La contestation qui monte explose en 1989, c'est la guerre. Les combats dureront jusqu'en 1997.
Il y a encore des armes à Panguna
En 2014 et 2015, Olivier Pollet et Alexandre Berman, ont passé plus de trois mois dans les communautés et villages avoisinants la mine de Panguna et dans la ville d'Arawa sur la côte Est de Bougainville.
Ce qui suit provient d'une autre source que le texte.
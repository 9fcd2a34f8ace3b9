//! Zoom intervals as words.

ghost use Rattle.std.specs.Prelude.{◌≡◌, ◌⊎◌, ◌≤◌, ◌++◌, ◌∷◌, ◌==◌, ◌&&◌, [], suc, nat_le, true, false, Some, None};
ghost use Rattle.std.specs.Prelude.{option_map, zip, drop, length};
ghost use Rattle.std.specs.List.{list_all};
ghost use Rattle.map_model.specs.Intervals as spec;
ghost use Rattle.map_model.specs.Intervals.{is_zoom_range};
ghost use Rattle.mf_base.specs.declared.tile.Interval.{Interval};
ghost use Rattle.mf_base.specs.Numbers.{zoom_number};
ghost use Rattle.map_model.specs.IntervalWords as words;
ghost use Rattle.tile_assign.specs.ListedIntervals.{IsListed};

use arrayvec::ArrayVec;
use mf_base::decimal::read_number;
use mf_base::texts::cut_bytes;
use mf_base::tile::Interval;

/// Reads 1 to 8 intervals, each `BASE:MIN:MAX` and joined by commas, where each next one goes on from the one before.
pub fn read_intervals(word: &str) -> Option<ArrayVec<Interval, 8>>
    ensures { option_map (λ all. all.items) result ≡ words.read_intervals word.now }
{
    let all = listed(word.as_bytes())?;
    if are_intervals(&all) { Some(all) } else { None }
}

// The intervals of the texts between commas, where they are at most eight.
fn listed(text: &[u8]) -> Option<ArrayVec<Interval, 8>>
    ensures { IsListed (option_map (λ all. all.items) result) text.now }
{
    let mut all = ArrayVec::new();
    let mut rest = text;
    while let Some((first, more)) = cut_bytes(rest, b',') {
        if !push_interval(&mut all, first) {
            return None;
        }
        rest = more;
    }
    if push_interval(&mut all, rest) {
        Some(all)
    } else {
        None
    }
}

// Puts the interval of a text behind the others, where it is one and there is room.
fn push_interval(all: &mut ArrayVec<Interval, 8>, text: &[u8]) -> bool
    ensures pushed { result ≡ true
        → (i : Interval) × (words.read_interval text.now ≡ Some i) × (all.new.items ≡ all.old.items ++ i ∷ [])
        × (length (all.old.items ++ i ∷ []) ≤ 8) }
    ensures refused { result ≡ false → (words.read_interval text.now ≡ None) ⊎ (length all.old.items ≡ 8) }
{
    match read_interval(text) {
        Some(interval) if !all.is_full() => {
            all.push(interval);
            true
        }
        _ => false,
    }
}

// The interval of `BASE:MIN:MAX`.
fn read_interval(text: &[u8]) -> Option<Interval>
    ensures { result ≡ words.read_interval text.now }
{
    let (base, rest) = cut_bytes(text, b':')?;
    let (min, max) = cut_bytes(rest, b':')?;
    interval_of(base, min, max)
}

// The interval of the texts of three zoom levels.
fn interval_of(base: &[u8], min: &[u8], max: &[u8]) -> Option<Interval>
    ensures { result ≡ words.interval_of base.now min.now max.now }
{
    let base = zoom_level(base)?;
    let min = zoom_level(min)?;
    let max = zoom_level(max)?;
    Some(Interval { base, min, max })
}

// A zoom level.
fn zoom_level(text: &[u8]) -> Option<u8>
    ensures { result ≡ zoom_number text.now }
{
    let level = read_number(text, 0, 21)?;
    Some(level as u8)
}

// Whether intervals are those of a map.
fn are_intervals(all: &[Interval]) -> bool
    ensures { result ≡ spec.are_intervals all.now }
{
    are_some_of_eight(all) && are_ranges(all) && follow(all)
}

// Whether there are 1 to 8 intervals.
fn are_some_of_eight(all: &[Interval]) -> bool
    ensures { result ≡ (nat_le 1 (length all.now) && nat_le (length all.now) 8) }
{
    !all.is_empty() && all.len() <= 8
}

// Whether each interval is a range of zoom levels.
fn are_ranges(all: &[Interval]) -> bool
    ensures { result ≡ list_all is_zoom_range all.now }
{
    all.iter().all(is_interval)
}

// Whether the minimum is at most the base, the base at most the maximum and 16, and the maximum at most 21.
fn is_interval(interval: &Interval) -> bool
    ensures { result ≡ is_zoom_range interval.now }
{
    interval.min <= interval.base
        && interval.base <= interval.max
        && interval.base <= 16
        && interval.max <= 21
}

// Whether each minimum but the first is the maximum before plus 1.
fn follow(all: &[Interval]) -> bool
    ensures { result ≡ list_all (λ at. at.1.min == suc at.0.max) (zip all.now (drop 1 all.now)) }
{
    if all.len() < 2 {
        return true;
    }
    goes_on(all[0].max, all[1].min) && follow(&all[1..])
}

// Whether a minimum is the maximum before plus 1.
fn goes_on(max: u8, min: u8) -> bool
    ensures { result ≡ (min == suc max) }
{
    u16::from(min) == u16::from(max) + 1
}

#[cfg(test)]
mod tests {
    use super::*;

    // A word, and how many intervals it tells.
    const WORDS: [(&str, Option<usize>); 14] = [
        ("5:0:7,10:8:11,14:12:21", Some(3)),
        ("0:0:0,1:1:1,2:2:2,3:3:3,4:4:4,5:5:5,6:6:6,7:7:7", Some(8)),
        (
            "0:0:0,1:1:1,2:2:2,3:3:3,4:4:4,5:5:5,6:6:6,7:7:7,8:8:8",
            None,
        ),
        ("016:3:21", Some(1)),
        ("0:1:7", None),
        ("8:0:7", None),
        ("17:0:21", None),
        ("5:0:22", None),
        ("5:0:7,10:9:11", None),
        ("5:0:7,", None),
        ("", None),
        ("5:0", None),
        ("5:0:7:8", None),
        ("5:-0:7", None),
    ];

    #[test]
    fn intervals_of_words(rt: HostRuntime) {
        for (word, count) in WORDS {
            let all = read_intervals(word);
            assert_eq!(rt; all.map(|all| all.len()), count, "in {word}");
        }
    }
}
Un an auparavant, Olivier Pollet avait écouté à Canberra (Australie), à l'occasion d'une conférence sur l'avenir de Bougainville, le président John Monis afficher sa volonté de rouvrir la mine de Panguna pour financer l'indépendance future... Le référendum promis par les autorités de Papouasie Nouvelle-Guinée dans l'accord de paix de 2001 devait alors se tenir entre 2015 et 2020. "La mine n'est pas le choix des populations qui ont déjà eu à en souffrir, regrette Alexandre Berman, mais celui du gouvernement autonome de Bougainville conseillé par des Australiens." Rouvrir cette mine, c'est rouvrir des blessures à peine cicatrisées.
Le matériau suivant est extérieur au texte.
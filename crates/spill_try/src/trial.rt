//! One store over a folder, from its start to its end.

ghost use Rattle.std.specs.Prelude.{◌≡◌, ◌<◌, ◌≤◌, ◌*◌, ◌^◌, true};

use crate::one_part::{Outcome, PAGE_ROWS, Shape, try_part};
use crate::row_maker::{Pattern, RowMaker};
use crate::widths::{ROOM, is_sorted};
use mf_edge::{Spill, Steps};
use spill_files::{FileSpill, Sizes};
use std::alloc::AllocError;
use std::rt::HostRuntime;
use std::sync::ledger::{Blank, Ledger};

/// A part of many rows in a folder.
#[derive(Drop)]
pub struct Trial<'a> {
    pub folder: &'a str,
    pub pattern: Pattern,
    pub shape: Shape,
}

/// The trial that the words after the program's name tell, where they tell one.
pub fn trial_of(words: &[String]) -> Option<Trial<'_>> {
    let [_, folder, pattern, width, rows] = words else {
        return None;
    };
    let shape = Shape {
        rows: rows.as_str().parse::<u64>().ok()?,
        width: width.as_str().parse::<usize>().ok()?,
    };
    Some(Trial {
        folder: folder.as_str(),
        pattern: Pattern::of(pattern.as_str())?,
        shape,
    })
}

// Whether the store takes a part of this shape.
fn is_taken(shape: &Shape) -> bool
    ensures width { result ≡ true → (1 ≤ shape.now.width) × (shape.now.width ≤ 39) }
    ensures small { result ≡ true → shape.now.width * shape.now.rows ≤ 2 ^ 62 }
{
    if shape.width < 1 || shape.width > 39 {
        return false;
    }
    match (shape.width as u64).checked_mul(shape.rows) {
        Some(size) => size <= 1 << 62,
        None => false,
    }
}

/// What becomes of one part in a folder. The store's files are removed.
pub fn outcome_of<L: Ledger>(
    rt: &HostRuntime,
    trial: &Trial<'_>,
    blank: Blank,
) -> Result<Outcome, AllocError>
    requires ledger { blank.name ≡ L.name }
    requires parts { blank.parts ≡ L.parts }
    requires some { 0 < blank.parts }
{
    if trial.folder.len() > 4095 || !is_taken(&trial.shape) {
        return Ok(Outcome::NotTaken);
    }
    let mut steps = Steps::<L>::new(blank);
    let mut page = vec![in rt.alloc(); 0u8; ROOM]?;
    let mut store = FileSpill::new(*rt);
    let mut maker = RowMaker::new(trial.pattern);
    let outcome = match store.start(trial.folder) {
        Ok(()) => try_part(&mut store, trial.shape, &mut maker, &mut page, &mut steps),
        Err(_) => Outcome::NotStarted,
    };
    store.finish();
    Ok(outcome)
}

/// Whether a part of some width is put in order as std's sort does, in chunks of 100 rows and runs of 8.
pub fn is_width_sorted<L: Ledger>(
    rt: &HostRuntime,
    width: usize,
    blank: Blank,
) -> Result<bool, AllocError>
    requires width { (1 ≤ width) × (width ≤ 39) }
    requires ledger { blank.name ≡ L.name }
    requires parts { blank.parts ≡ L.parts }
    requires some { 0 < blank.parts }
{
    let mut steps = Steps::<L>::new(blank);
    let mut made = vec![in rt.alloc(); 0u8; ROOM]?;
    let mut out = vec![in rt.alloc(); 0u8; ROOM]?;
    let sizes = Sizes { chunk: 100, run: 8 };
    let mut store = FileSpill::with_sizes(*rt, sizes);
    let answer = match store.start("spill_try.folder") {
        Ok(()) => is_sorted(
            rt.alloc(),
            &mut store,
            width,
            &mut made,
            &mut out,
            &mut steps,
        ),
        Err(_) => Ok(false),
    };
    store.finish();
    answer
}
Ce sont ces gens et cette terre que les deux réalisateurs ont pris pour héros collectif de leur documentaire. "C'est un film choral ou toutes les voix n'en portent qu'une, explique Alexandre Berman. On voulait explorer le souffle d'un lieu qui a vécu un drame, une histoire lourde mais qui en même temps contient la vie." Les réalisateurs se sont donnés pour mission de "réparer une histoire" à l'instar de l'ancien guerrier, Bruno qui, dans sa forêt, plante des arbres dans un acte de reconquête de la terre, ou encore Ruth, le personnage féminin du film... Mais la menace de la mine rend tenace celle de la guerre. Il y a encore des armes autour de Panguna. Le gouvernement de la République Mékamui formé des anciens chefs de la révolution contrôle toujours cette zone.
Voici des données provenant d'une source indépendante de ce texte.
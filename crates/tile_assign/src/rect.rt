//! The rectangle of a feature.

ghost use Rattle.std.specs.Prelude.{◌≡◌, IsTrue};
ghost use Rattle.mf_base.specs.Ranges.{is_on_earth, is_rect};
ghost use Rattle.feature_model.specs.Proper.{AllPlaces};
ghost use Rattle.map_model.specs.Rectangles as spec;
ghost use Rattle.mf_rows.specs.Shapes.{feature_told, shape_told, IsFeature, AreRings, DrawsFeature};
ghost use Rattle.tile_assign.specs.GrowingRects as growing;

use mf_base::kind::EntityKind;
use mf_base::place::{Place, Rect};
use mf_rows::cursors::{PointCursor, RingCursor};
use mf_rows::view::View;

/// The rectangle from the least to the greatest latitude and longitude of a feature, in microdegrees. It is a rectangle
/// on the earth where the places of the feature are.
pub fn rect_of(view: &View) -> Rect
    requires feature { IsFeature view.now }
    ensures rect { result ≡ spec.rect_of (feature_told view.now) }
    ensures on_earth { AllPlaces (λ p. IsTrue (is_on_earth p)) (shape_told view.now) → IsTrue (is_rect result) }
{
    match view.head().kind {
        EntityKind::Node => {
            let (_, place) = view.point().unwrap();
            around(place)
        }
        EntityKind::Way | EntityKind::Relation => rect_of_rings(view.rings()),
    }
}

// The rectangle of the points of rings.
fn rect_of_rings(mut rings: RingCursor<'_>) -> Rect
    requires { AreRings rings }
    ensures { result ≡ growing.rect_of_rings rings.entry }
{
    let (_, mut points) = rings.next().unwrap();
    let (_, place) = points.next().unwrap();
    let mut rect = with_points(around(place), points);
    while let Some((_, points)) = rings.next() {
        rect = with_points(rect, points);
    }
    rect
}

// A rectangle that takes in points.
fn with_points(rect: Rect, mut points: PointCursor<'_>) -> Rect
    ensures { result ≡ growing.with_points rect points.entry }
{
    let mut all = rect;
    while let Some((_, place)) = points.next() {
        all = with_place(all, place);
    }
    all
}

// The rectangle of one place.
fn around(place: Place) -> Rect
    ensures { result ≡ growing.around place }
{
    Rect {
        min_lat: place.lat,
        min_lon: place.lon,
        max_lat: place.lat,
        max_lon: place.lon,
    }
}

// A rectangle that takes in a place.
fn with_place(rect: Rect, place: Place) -> Rect
    ensures { result ≡ growing.with_place rect place }
{
    Rect {
        min_lat: rect.min_lat.min(place.lat),
        min_lon: rect.min_lon.min(place.lon),
        max_lat: rect.max_lat.max(place.lat),
        max_lon: rect.max_lon.max(place.lon),
    }
}

#[cfg(test)]
mod tests {
    use super::*;
    use arrayvec::ArrayVec;
    use mf_base::kind::Role;
    use mf_rows::head::{Head, Texts};
    use mf_rows::units::{part_unit, point_unit};

    // A head without tags.
    fn head(kind: EntityKind) -> Head
        ensures { result.kind ≡ kind }
    {
        Head {
            kind,
            id: 1,
            number: 0,
            weight: 16,
            zoom: 5,
            layer: 0,
            water: false,
            label: false,
            coast: false,
            height: None,
            tags: ArrayVec::new(),
        }
    }

    // The rectangle of what these units draw.
    fn rect_of_drawn(kind: EntityKind, drawn: &[[u8; 16]]) -> Rect
        requires { DrawsFeature kind drawn.now }
    {
        let head = head(kind);
        let texts = Texts {
            block: b"",
            spans: ArrayVec::new(),
        };
        rect_of(&View::new(&head, texts, drawn))
    }

    const fn place(lat: i32, lon: i32) -> Place
        ensures { result ≡ record { lat = lat; lon = lon } }
    {
        Place { lat, lon }
    }

    const fn rect(min_lat: i32, min_lon: i32, max_lat: i32, max_lon: i32) -> Rect
        ensures { result ≡ record { min_lat = min_lat; min_lon = min_lon; max_lat = max_lat; max_lon = max_lon } }
    {
        Rect {
            min_lat,
            min_lon,
            max_lat,
            max_lon,
        }
    }

    fn rect_of_node(p: Place) -> Rect {
        rect_of_drawn(EntityKind::Node, &[point_unit(1, p)])
    }

    fn rect_of_way(a: Place, b: Place) -> Rect {
        let units = [
            part_unit(Role::Outer, 2),
            point_unit(1, a),
            point_unit(2, b),
        ];
        rect_of_drawn(EntityKind::Way, &units)
    }

    // Two rings: an outer one, and an inner one.
    fn rect_of_relation(outer: [Place; 2], inner: [Place; 2]) -> Rect {
        let units = [
            part_unit(Role::Outer, 2),
            point_unit(1, outer[0]),
            point_unit(2, outer[1]),
            part_unit(Role::Inner, 2),
            point_unit(3, inner[0]),
            point_unit(4, inner[1]),
        ];
        rect_of_drawn(EntityKind::Relation, &units)
    }

    // One place, the corners of the world in any order, a way along a meridian, and an inner ring that reaches further.
    #[test]
    fn rectangles_of_features(rt: HostRuntime) {
        let north_east = place(90_000_000, 180_000_000);
        let south_west = place(-90_000_000, -180_000_000);
        let world = rect(-90_000_000, -180_000_000, 90_000_000, 180_000_000);
        assert_eq!(rt; rect_of_node(place(3, -4)), rect(3, -4, 3, -4));
        assert_eq!(rt;
            rect_of_node(south_west),
            rect(-90_000_000, -180_000_000, -90_000_000, -180_000_000)
        );
        assert_eq!(rt; rect_of_way(south_west, north_east), world);
        assert_eq!(rt; rect_of_way(north_east, south_west), world);
        assert_eq!(rt; rect_of_way(place(5, 0), place(-5, 0)), rect(-5, 0, 5, 0));
        let outer = [place(0, 0), place(2, 2)];
        assert_eq!(rt;
            rect_of_relation(outer, [place(1, 1), place(1, 2)]),
            rect(0, 0, 2, 2)
        );
        assert_eq!(rt;
            rect_of_relation(outer, [place(-1, 5), place(3, 1)]),
            rect(-1, 0, 3, 5)
        );
    }
}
Le référendum consultatif qui a eu lieu en décembre 2019 a donné 98 % de votes en faveur de l'indépendance de Bougainville. Ce désir de liberté remonte à l'origine, à l'indépendance de la Papouasie Nouvelle-Guinée, en 1975. "C'est un désir enraciné qui, du fait de la crise et de la guerre, s'est décuplé, conclut Alexandre Berman. Si des projets miniers très concrets surgissaient à nouveau sur le territoire, ça créerait des complications, mais je ne pense pas que la mine rouvrira." Difficile de dire si, pour être tendance, leur film est ou non un film d'impact, il est en tout cas un beau film d'espoir.